There are functional spotbeams on E7 at 119, so why shouldn't they be used? If the 119 spotbeam footprint is more closely matched to your DMA and/or the spot on E10 is full or less ideal, they may as well put yout locals at 119. Why waste the space?


----------



## saweetnesstrev (Oct 8, 2005)

Where the heck is CLEVELAND? its number 16 overall and theres more hd cities then 16!


----------



## harsh (Jun 15, 2003)

saweetnesstrev said:


> Where the heck is CLEVELAND? its number 16 overall and theres more hd cities then 16!


According to the most recent list of turned up HD locals, there are 13. The list is probably due for an update soon though.

The ordering of the markets is not always according to Nielsen because the stations in those markets are not always cooperative. There are many pieces that must be in place before a market is turned up.

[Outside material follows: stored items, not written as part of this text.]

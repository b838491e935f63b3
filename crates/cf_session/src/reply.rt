//! Writing a reply of one line to the sink, after the lead (in mode `compare` the kind's name and a
//! space, else empty). If the sink fails, the result is `Failed`, and a prefix of the reply was
//! written.
ghost use Rattle.std.specs.Prelude.{◌≤◌, List, ℕ, length, ◌≡◌};
ghost use Rattle.cf_session.specs.Apply.{IsEnded};
ghost use Rattle.cf_session.specs.OneLine.{HasRoom, IsPut, SaidOn, lines_at};
ghost use Rattle.cf_session.specs.Short.{short_text};

use crate::outcome::Outcome;
use crate::short::{OneLine, Short};
use cf_base::Failed;
use cf_io::{Line, Sink, begin_line, push_text, put_all, put_line};

/// The result of a command whose reply has this `outcome`: the outcome if the reply was written
/// (`written` is `Ok`), else `Failed`.
pub fn ended(written: Result<(), Failed>, outcome: Outcome) -> Result<Outcome, Failed>
    ensures { IsEnded written outcome result }
{
    match written {
        Ok(()) => Ok(outcome),
        Err(failed) => Err(failed),
    }
}

/// Writes a reply of one line to the sink: a short reply after the lead, or what `line` holds, which is the lead
/// and the text; `line` must have room for the line feed, which is added. Returns the reply's outcome, or
/// `Failed` if the sink failed; then a prefix was written. The lead has at most 8 bytes.
pub(crate) fn put_reply<K: Sink>(
    reply: OneLine,
    lead: &[u8],
    line: &mut Line,
    out: &mut K,
) -> Result<Outcome, Failed>
    requires lead { length lead.now ≤ 8 }
    requires room { HasRoom line.old reply }
    ensures { (text : List ℕ) → SaidOn (lines_at lead.now line.old) text reply
        → IsPut text lead.now (K.state out.old) result (K.state out.new) }
{
    match reply {
        OneLine::Short(short) => put_short_line(short, lead, line, out),
        OneLine::Written(outcome) => ended(put_line(line, out), outcome),
    }
}

/// Writes the lead (in mode `compare` the kind's name and a space, else empty), of at most 8 bytes,
/// and a short reply to the sink, and returns the reply's outcome, or `Failed` if the sink failed;
/// then a prefix was written. If the lead is empty, the text is not copied into `line`, which is
/// scratch.
pub(crate) fn put_short_line<K: Sink>(
    short: Short,
    lead: &[u8],
    line: &mut Line,
    out: &mut K,
) -> Result<Outcome, Failed>
    requires { length lead.now ≤ 8 }
    ensures { IsPut (short_text short) lead.now (K.state out.old) result (K.state out.new) }
{
    if lead.len() > 0 {
        begin_line(line, lead);
        push_text(line, short.text_line());
        return ended(put_all(out, line.bytes()), short.outcome());
    }
    ended(put_all(out, short.text_line()), short.outcome())
}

As a point of reference, brand D* has turned up at least one market with only the ABC and NBC affiliate. Good thing for them that it isn't football season.


----------



## saweetnesstrev (Oct 8, 2005)

thanks harsh


----------



## netbob (Mar 23, 2006)

Does anyone know when the Dallas HD LiLs will be available?????



JohnH said:


> None of these are available.
> 
> 05-04-2006,18:22:00
> 6383 WFAA ADDED TO Tp 31 Spotbeam 21 from New Braunfels for EchoStar 10 at 110w
> ...


----------



## BFG (Jan 23, 2004)

They'll be available when they're made available...

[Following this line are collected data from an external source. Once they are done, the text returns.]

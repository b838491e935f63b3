//! The outcome of a command (good, refused or other), for callers that count replies and don't read their
//! texts.
/// How a command ended, by the first bytes of its reply.
#[derive(Clone, Copy, Debug, PartialEq, Eq)]
pub enum Outcome {
    /// The reply is `ok`, or begins with `=`.
    Good,
    /// The reply begins with `refused`.
    Refused,
    /// Any other reply.
    Other,
}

Not sure why folks keep asking these questions, If we knew we'd post it


----------



## netbob (Mar 23, 2006)

BFG said:


> They'll be available when they're made available...
> 
> Not sure why folks keep asking these questions, If we knew we'd post it


BFG
I see you are a student of the obvious.

We ask these questions because we can.:grin:


----------



## SaeBeagle (Apr 21, 2005)

None of these are available.

05-04-2006,18:22:00
6383 WFAA ADDED TO Tp 31 Spotbeam 21 from New Braunfels for EchoStar 10 at 110w

6384 KTVT ADDED TO Tp 31 Spotbeam 21 from New Braunfels for EchoStar 10 at 110w

_______________________________________________

_So we will never be able to see these TV stations anymore?_


----------



## JohnH (Apr 22, 2002)

SaeBeagle said:


> None of these are available.
> 
> 05-04-2006,18:22:00
> 6383 WFAA ADDED TO Tp 31 Spotbeam 21 from New Braunfels for EchoStar 10 at 110w
> ...


Sorry. I guess I should shout it out. THESE ARE *HD* LOCALS.


----------



## JohnH (Apr 22, 2002)

8399 XWFAA MOVED FROM Tp 2 ConUS beam on EchoStar 8 at 110w
TO Tp 10 ConUS beam on EchoStar 8 at 110w

8417 XKDFW MOVED FROM Tp 2 ConUS beam on EchoStar 8 at 110w
TO Tp 10 ConUS beam on EchoStar 8 at 110w

Video now is you have a DiSH 500 thingy. 

EPG info has not changed.


----------



## Larry Kenney (Aug 19, 2005)

JohnH said:


> 6438 KGO ADDED TO Tp 7 North California beam on EchoStar 7 at 119w
> 
> 6439 KPIX ADDED TO Tp 7 North California beam on EchoStar 7 at 119w
> 
> ...


In the list at http://www.dishchannelchart.com/ the first four channels are shown as being on 7s4 - 110° - E*10, not 119w. Which is correct?

These are the only HD channels you've shown for 119w, so I suspect that you're correct JohnH.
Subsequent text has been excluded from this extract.